His death was confirmed by a spokeswoman for Lucasfilm, the company that created and produces the enormously popular “Star Wars” franchise. The Associated Press reported that a nephew, Drew Myerscough, said he found Mr. Baker dead at his home in the town of Preston.


Mr. Baker was a little person whose adult height was widely reported to be 3 feet 8 inches. He referred to his short stature as “my height difficulties” in an autobiographical sketch on his official website, but it would have been impossible for a taller man to play the role that made him famous.


“They said, ‘You’ve got to do it; we can’t find anybody else. You’re small enough to get into it and you’re strong enough to be able to move it,’” he said of R2-D2’s cylindrical metal costume in a video interview in Stockholm that he shared on his site. “I was a godsend to them, really.”

Mr. Baker was born on Aug. 24, 1934, in Birmingham, England. He began his entertainment career in 1950 as part of a traveling troupe in Britain called Burton Lester’s Midgets.

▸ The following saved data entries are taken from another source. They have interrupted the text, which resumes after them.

//! What has changed where a target is out of date: what is recorded, and what stands in its place.
ghost use Rattle.std.specs.Prelude.{◌≡◌, ◌<◌, ◌++◌, length, find, option_to_list, IfOk, OnOk};
ghost use Rattle.std.specs.Option.{option_copied};
ghost use Rattle.mk_names.specs.Names.{has_name};
ghost use Rattle.mk_seen.specs.Nodes.{entry_of};
ghost use Rattle.mk_plan.specs.Change.{beside, change_of, changed_commands, changed_file, changed_files, changed_names, changed_prerequisite, commands_of, difference, is_other, kept_file, kept_look, kept_mark, names_marked, no_change, source_said};
ghost use Rattle.mk_plan.specs.ExplicitWords.{once_of};

use crate::part_words::once_of;
use byte_strings::{ByteStrings, Iter};
use mk_names::Names;
use mk_nodes::Graph;
use mk_recipe::Reason;
use mk_seen::{entry_of, name_of};
use mk_verdict::{Look, MadeFile, Mark, Prerequisite, Target};
use st_marks::{mark_text, read_marks};
use st_packed::PackedEntry;
use st_records::Named;
use std::alloc::{AllocError, Global};

/// What a reason speaks of, in a user's words.
pub struct Change {
    /// As it is recorded.
    pub was: ByteStrings,
    /// As it is now.
    pub is: ByteStrings,
}

impl Drop for Change {
    fn drop(self) {
        let Change { was: _, is: _ } = self;
    }
}

fn no_change(alloc: Global) -> Change
    ensures { result ≡ no_change }
{
    Change {
        was: ByteStrings::empty(alloc),
        is: ByteStrings::empty(alloc),
    }
}

fn push_if_any(texts: &mut ByteStrings, text: Option<&[u8]>) -> Result<(), AllocError>
    ensures { OnOk result (texts.new ≡ texts.old ++ option_to_list (option_copied text.entry)) }
{
    match text {
        Some(text) => texts.push(text),
        None => Ok(()),
    }
}

/// The first texts in which two lists differ, of the one and of the other.
fn difference<'s>(was: Iter<'s>, is: Iter<'s>) -> (Option<&'s [u8]>, Option<&'s [u8]>)
    ensures { (option_copied result.0, option_copied result.1) ≡ difference was.entry is.entry }
{
    let mut others = is;
    for one in was {
        match others.next() {
            Some(other) if one == other => {}
            other => return (Some(one), other),
        }
    }
    (None, others.next())
}

/// The commands that the state has of a node.
fn known_commands(graph: &Graph, node: usize) -> Iter<'_>
    ensures { result ≡ commands_of graph.now node }
{
    match entry_of(graph, node) {
        Some(entry) => entry.commands(),
        None => Iter::empty(),
    }
}

/// Of the first command that isn't what it was.
fn changed_commands(
    alloc: Global,
    graph: &Graph,
    node: usize,
    commands: &ByteStrings,
) -> Result<Change, AllocError>
    ensures { IfOk result (λ change. change ≡ changed_commands (commands_of graph.now node) commands.now) }
{
    let mut change = no_change(alloc);
    let (was, is) = difference(known_commands(graph, node), commands.iter());
    push_if_any(&mut change.was, was)?;
    push_if_any(&mut change.is, is)?;
    Ok(change)
}

fn kept_file(time: i128, size: u32) -> st_marks::Mark
    ensures { result ≡ kept_file time size }
{
    st_marks::Mark::file(time, u64::from(size))
}

/// What a look tells, as it would be recorded.
fn kept_look(look: Look) -> st_marks::Mark
    ensures { result ≡ kept_look look }
{
    match look {
        Look::NoFile => st_marks::Mark::NoFile,
        Look::Other => st_marks::Mark::Other,
        Look::File { time, size } => kept_file(time, size),
    }
}

fn kept_mark(mark: Mark) -> st_marks::Mark
    ensures { result ≡ kept_mark mark }
{
    match mark {
        Mark::NotKept | Mark::Unknown => st_marks::Mark::Unknown,
        Mark::Was(look) => kept_look(look),
    }
}

fn changed_file(alloc: Global, mark: Mark, look: Look) -> Result<Change, AllocError>
    ensures { IfOk result (λ change. change ≡ changed_file mark look) }
{
    let mut change = no_change(alloc);
    let was = mark_text(kept_mark(mark));
    let is = mark_text(kept_look(look));
    change.was.push(was.as_slice())?;
    change.is.push(is.as_slice())?;
    Ok(change)
}

/// The first file that isn't, or may not be, the one that its recipe has left.
fn first_other(files: &[MadeFile]) -> Option<&MadeFile>
    ensures { option_copied result ≡ find is_other files.now }
{
    files.iter().find(|file| file.mark.differs(file.look))
}

fn changed_files(alloc: Global, files: &[MadeFile]) -> Result<Change, AllocError>
    ensures { IfOk result (λ change. change ≡ changed_files files.now) }
{
    match first_other(files) {
        Some(file) => changed_file(alloc, file.mark, file.look),
        None => Ok(no_change(alloc)),
    }
}

fn changed_prerequisite(
    alloc: Global,
    prerequisite: Option<&Prerequisite<'_>>,
) -> Result<Change, AllocError>
    ensures { IfOk result (λ change. change ≡ changed_prerequisite (option_copied prerequisite.entry)) }
{
    match prerequisite {
        Some(prerequisite) => changed_file(alloc, prerequisite.mark, prerequisite.look),
        None => Ok(no_change(alloc)),
    }
}

/// The source that a text of marks has, if it is one and has one.
fn source_said(text: &[u8]) -> Option<&[u8]>
    ensures { option_copied result ≡ source_said text.now }
{
    match read_marks(text) {
        Some(said) => said.source,
        None => None,
    }
}

fn push_all(texts: &mut ByteStrings, more: Iter<'_>) -> Result<(), AllocError>
    ensures { OnOk result (texts.new ≡ texts.old ++ more.entry) }
{
    for text in more {
        texts.push(text)?;
    }
    Ok(())
}

/// The source and the explicit prerequisites that an entry has, where it has marks of them.
fn names_marked(alloc: Global, entry: &PackedEntry) -> Result<Option<ByteStrings>, AllocError>
    ensures { IfOk result (λ names. names ≡ names_marked entry.now.explicit) }
{
    let Named::Marked(explicit, text) = entry.lend() else {
        return Ok(None);
    };
    let mut names = ByteStrings::empty(alloc);
    push_if_any(&mut names, source_said(text))?;
    push_all(&mut names, explicit)?;
    Ok(Some(names))
}

fn hard_names(alloc: Global, graph: &Graph, node: usize) -> Result<ByteStrings, AllocError>
    requires { node < length graph.now.nodes.items }
    ensures { IfOk result (λ names. names ≡ once_of graph.now node) }
{
    let mut names = ByteStrings::empty(alloc);
    for prerequisite in graph.hard.row(node) {
        names.push(name_of(graph, *prerequisite as usize))?;
    }
    Ok(names)
}

fn is_among(table: &Names, name: &[u8]) -> bool
    ensures { result ≡ has_name table.now name.now }
{
    table.number_of(name).is_some()
}

/// Those of the names that aren't in a table.
fn not_in(alloc: Global, table: &Names, names: &ByteStrings) -> Result<ByteStrings, AllocError>
    ensures { IfOk result (λ left. left ≡ beside table.now names.now) }
{
    let mut left = ByteStrings::empty(alloc);
    for name in names.iter() {
        if !is_among(table, name) {
            left.push(name)?;
        }
    }
    Ok(left)
}

/// Those of the names that aren't among others.
fn beside(
    alloc: Global,
    others: &ByteStrings,
    names: &ByteStrings,
) -> Result<ByteStrings, AllocError>
    ensures { IfOk result (λ left. left ≡ beside others.now names.now) }
{
    let table = once_of(alloc, others)?;
    not_in(alloc, &table, names)
}

/// The prerequisites that went, and those that came, where an entry has marks of them.
fn changed_names(
    alloc: Global,
    graph: &Graph,
    node: usize,
    entry: Option<&PackedEntry>,
) -> Result<Change, AllocError>
    requires { node < length graph.now.nodes.items }
    ensures { IfOk result (λ change. change ≡ changed_names (once_of graph.now node) (option_copied entry.entry)) }
{
    let Some(entry) = entry else {
        return Ok(no_change(alloc));
    };
    let Some(recorded) = names_marked(alloc, entry)? else {
        return Ok(no_change(alloc));
    };
    let names = hard_names(alloc, graph, node)?;
    let was = beside(alloc, &names, &recorded)?;
    let is = beside(alloc, &recorded, &names)?;
    Ok(Change { was, is })
}

/// What has changed of a node that is out of date for this reason, and judged as this target.
pub(crate) fn change_of(
    alloc: Global,
    graph: &Graph,
    node: usize,
    target: &Target<'_>,
    reason: Reason,
) -> Result<Change, AllocError>
    requires { node < length graph.now.nodes.items }
    ensures { IfOk result (λ change. change ≡ change_of graph.now node target.now reason) }
{
    match reason {
        Reason::CommandsChanged => changed_commands(alloc, graph, node, target.commands),
        Reason::PrerequisitesChanged => changed_names(alloc, graph, node, entry_of(graph, node)),
        Reason::TargetChanged => changed_files(alloc, target.files),
        Reason::Changed(number) => changed_prerequisite(alloc, target.prerequisites.get(number)),
        _ => Ok(no_change(alloc)),
    }
}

He soon left that act and toured the country for many years, performing in theaters, nightclubs and holiday resorts in a variety of roles: circus clown, performer in an ice-skating show and, later, part of a musical comedy and variety act alongside the performer Jack Purvis. (Mr. Purvis, who died in 1997, was also in “Star Wars,” as the cloaked Chief Jawa, who shoots R2-D2,and played roles in the second and third “Star Wars” films as well.)

The traveling act brought Mr. Baker financial security and a measure of fame in Britain, but it was an entertainment ecosystem that was wiped out by the invention of television. Then came R2-D2.

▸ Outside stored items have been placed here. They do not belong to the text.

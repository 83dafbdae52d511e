//! The lines of a node's recipe, expanded.
ghost use Rattle.std.specs.Prelude.{◌≡◌, ◌<◌, true, false, length, map, option_copied, ◌++◌, OnOk, IfOk, IfErr};
ghost use Rattle.mk_macros.specs.Ranks.{defined_by, meanings_of};
ghost use Rattle.mk_macros.specs.Expansion.{ExpandsToFault};
ghost use Rattle.mk_plan.specs.Parts.{language_of, is_part};
ghost use Rattle.mk_plan.specs.Recipe.{IsExpandedLine, AreExpanded, IsLineFault, IsRecipeFault, IsToldAt, place_in, AreNames, AreRecipeWords, AreLinesIn, AreLinesOf, IsFaultOfPart, IsFaultOf};

use crate::explicit_words::{source_word, stem_word};
use crate::fault::RecipeFault;
use crate::part_words::{own_names, part_words};
use crate::parts::is_part;
use crate::words::{RecipeWords, as_words, explicit_names, recipe_words};
use byte_strings::ByteString;
use mk_macros::{Dynamic, MacroFault, Macros, RecipeNames};
use mk_nodes::Graph;
use mk_reader::RecipeLine;
use mk_recipe::{Line, split_line};
use mk_rule_lines::{RuleLine, TextFault, TextPlace};
use mk_seen::name_of;
use std::alloc::{AllocError, Global};

/// What a line of a recipe gives.
fn expanded_line(
    alloc: Global,
    macros: &Macros,
    dynamic: &Dynamic<'_>,
    raw: &RecipeLine,
) -> Result<Line, MacroFault>
    ensures line { IfOk result (IsExpandedLine (meanings_of (defined_by macros.now) dynamic.now) raw.now) }
    ensures fault { IfErr result (ExpandsToFault (meanings_of (defined_by macros.now) dynamic.now) raw.now.text) }
{
    let text = raw.text.as_slice();
    let expansion = macros.expand(alloc, text, dynamic)?;
    Ok(split_line(alloc, macros.profile(), text, &expansion)?)
}

/// The place of a line of this file, where the file is told.
fn place_in(
    alloc: Global,
    file: Option<&[u8]>,
    line: usize,
) -> Result<Option<TextPlace>, AllocError>
    ensures { IfOk result (λ place. place ≡ place_in (option_copied file.entry) line) }
{
    let Some(file) = file else {
        return Ok(None);
    };
    let file = ByteString::from_slice(alloc, file)?;
    Ok(Some(TextPlace { file, line }))
}

/// The fault of an expansion, told of this place.
fn fault_at(place: Option<TextPlace>, cause: MacroFault) -> RecipeFault
    ensures { IsToldAt place cause result }
{
    match cause {
        MacroFault::OutOfMemory => RecipeFault::OutOfMemory,
        cause => RecipeFault::Macro(TextFault { place, cause }),
    }
}

/// What a line of a recipe in this file gives.
fn line_in(
    alloc: Global,
    macros: &Macros,
    dynamic: &Dynamic<'_>,
    file: Option<&[u8]>,
    raw: &RecipeLine,
) -> Result<Line, RecipeFault>
    ensures line { IfOk result (IsExpandedLine (meanings_of (defined_by macros.now) dynamic.now) raw.now) }
    ensures fault { IfErr result (IsLineFault (meanings_of (defined_by macros.now) dynamic.now) (option_copied file.entry) raw.now) }
{
    match expanded_line(alloc, macros, dynamic, raw) {
        Ok(line) => Ok(line),
        Err(cause) => {
            let place = place_in(alloc, file, raw.line)?;
            Err(fault_at(place, cause))
        }
    }
}

fn expanded_lines(
    alloc: Global,
    macros: &Macros,
    dynamic: &Dynamic<'_>,
    file: Option<&[u8]>,
    recipe: &[RecipeLine],
) -> Result<Vec<Line>, RecipeFault>
    ensures lines { IfOk result (λ lines. AreExpanded (meanings_of (defined_by macros.now) dynamic.now) recipe.now lines.items) }
    ensures fault { IfErr result (IsRecipeFault (meanings_of (defined_by macros.now) dynamic.now) (option_copied file.entry) recipe.now) }
{
    let mut lines = Vec::with_capacity(alloc, recipe.len())?;
    for raw in recipe {
        lines.push(line_in(alloc, macros, dynamic, file, raw)?)?;
    }
    Ok(lines)
}

/// What the dynamic macros stand for in the part of a node's recipe that this line has.
pub fn names_for<'n>(
    graph: &'n Graph,
    marks: &[bool],
    node: usize,
    line: &'n RuleLine,
    words: &'n RecipeWords<'n>,
) -> RecipeNames<'n>
    requires node { node < length graph.now.nodes.items }
    requires words { AreRecipeWords graph.now marks.now node line.now words.now }
    ensures { AreNames graph.now marks.now node line.now result }
{
    RecipeNames {
        target: name_of(graph, node),
        source: source_word(graph, node, line),
        stem: stem_word(graph, node),
        newer: &words.newer,
        once: as_words(&words.once),
        repeated: as_words(&words.repeated),
        order_only: as_words(&words.order_only),
    }
}

/// The lines of a line's recipe, where the words of its dynamic macros are these.
fn lines_with(
    alloc: Global,
    graph: &Graph,
    marks: &[bool],
    node: usize,
    line: &RuleLine,
    words: &RecipeWords<'_>,
) -> Result<Vec<Line>, RecipeFault>
    requires node { node < length graph.now.nodes.items }
    requires words { AreRecipeWords graph.now marks.now node line.now words.now }
    ensures lines { IfOk result (λ lines. AreLinesIn graph.now marks.now node line.now lines.items) }
    ensures fault { IfErr result (IsFaultOfPart graph.now marks.now node line.now) }
{
    let dynamic = Dynamic::RecipeLine(names_for(graph, marks, node, line, words));
    expanded_lines(
        alloc,
        &graph.macros,
        &dynamic,
        line.told_file(),
        line.recipe.lines(),
    )
}

/// The lines of the recipe of a line with `::`.
fn part_lines(
    alloc: Global,
    graph: &Graph,
    marks: &[bool],
    node: usize,
    line: &RuleLine,
) -> Result<Vec<Line>, RecipeFault>
    requires node { node < length graph.now.nodes.items }
    requires part { is_part (language_of graph.now) line.now ≡ true }
    ensures lines { IfOk result (λ lines. AreLinesIn graph.now marks.now node line.now lines.items) }
    ensures fault { IfErr result (IsFaultOfPart graph.now marks.now node line.now) }
{
    let own = own_names(alloc, line)?;
    let words = part_words(alloc, graph, marks, node, line, &own)?;
    lines_with(alloc, graph, marks, node, line, &words)
}

/// The lines of the recipe that a node has of this line alone.
fn whole_lines(
    alloc: Global,
    graph: &Graph,
    marks: &[bool],
    node: usize,
    line: &RuleLine,
) -> Result<Vec<Line>, RecipeFault>
    requires node { node < length graph.now.nodes.items }
    requires alone { is_part (language_of graph.now) line.now ≡ false }
    ensures lines { IfOk result (λ lines. AreLinesIn graph.now marks.now node line.now lines.items) }
    ensures fault { IfErr result (IsFaultOfPart graph.now marks.now node line.now) }
{
    let explicit = explicit_names(alloc, graph, node)?;
    let words = recipe_words(alloc, graph, marks, node, line, &explicit)?;
    lines_with(alloc, graph, marks, node, line, &words)
}

/// The lines of the part of a node's recipe that this line has.
fn lines_in(
    alloc: Global,
    graph: &Graph,
    marks: &[bool],
    node: usize,
    line: &RuleLine,
) -> Result<Vec<Line>, RecipeFault>
    requires { node < length graph.now.nodes.items }
    ensures lines { IfOk result (λ lines. AreLinesIn graph.now marks.now node line.now lines.items) }
    ensures fault { IfErr result (IsFaultOfPart graph.now marks.now node line.now) }
{
    if is_part(graph, line) {
        return part_lines(alloc, graph, marks, node, line);
    }
    whole_lines(alloc, graph, marks, node, line)
}

fn append(lines: &mut Vec<Line>, more: Vec<Line>) -> Result<(), AllocError>
    ensures { OnOk result (lines.new.items ≡ lines.old.items ++ more.items) }
{
    let mut more = more;
    lines.append(&mut more)?;
    Ok(())
}

/// The lines of the recipe of a node, whose parts these lines have, where the marks are those of the nodes that were remade before it.
pub fn lines_of(
    alloc: Global,
    graph: &Graph,
    marks: &[bool],
    node: usize,
    recipe: &[&RuleLine],
) -> Result<Vec<Line>, RecipeFault>
    requires { node < length graph.now.nodes.items }
    ensures lines { IfOk result (λ lines. AreLinesOf graph.now marks.now node (map (λ l. l.now) recipe.now) lines.items) }
    ensures fault { IfErr result (IsFaultOf graph.now marks.now node (map (λ l. l.now) recipe.now)) }
{
    let mut lines = Vec::new(alloc);
    for line in recipe {
        append(&mut lines, lines_in(alloc, graph, marks, node, line)?)?;
    }
    Ok(lines)
}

That role began with the first “Star Wars” movie, released in 1977 — and now officially known as “Star Wars: Episode IV — A New Hope” — but it was a part he almost did not take.


“This film came along and I turned it down,” Mr. Baker said in the Stockholm interview. “I said, ‘I don’t want to be stuck in a robot, what for, for goodness sake.’”


He ultimately relented and, he said, agreed to take the job as a favor to George Lucas. The role had no lines — the character’s signature beeps and boops were not voiced by Mr. Baker — and, seated inside the robot, he never showed his face. But R2-D2 so changed his career that in later years he told an interviewer that if he could go back in time, he would do it again without pay.


“Had I known I would have done it for nothing because he was broke at the beginning, he didn’t have a penny, George,” Mr. Baker said.


But he might have asked for a share of the film’s profits, he added, referring to the celebrated British actor who played Obi-Wan Kenobi. “I’d be a millionaire like Alec Guinness was!”


Mr. Lucas said in a statement on Saturday that Mr. Baker was “an incredible trooper who always worked hard under difficult circumstances.”


“A talented vaudevillian who could always make everybody laugh, Kenny was truly the heart and soul of R2-D2 and will be missed by all his fans and everyone who knew him,” he added.

Mr. Baker played R2-D2 in six “Star Wars” films: the original, its two sequels, and the prequels released in 1999, 2002 and 2005. He also appeared in a number of other high-profile movies, including “Mona Lisa,” “The Hunchback of Notre Dame,” “Time Bandits” and “Amadeus.”

No information about his survivors was immediately available. His niece Abigail Shield first reported his death to the British newspaper The Guardian.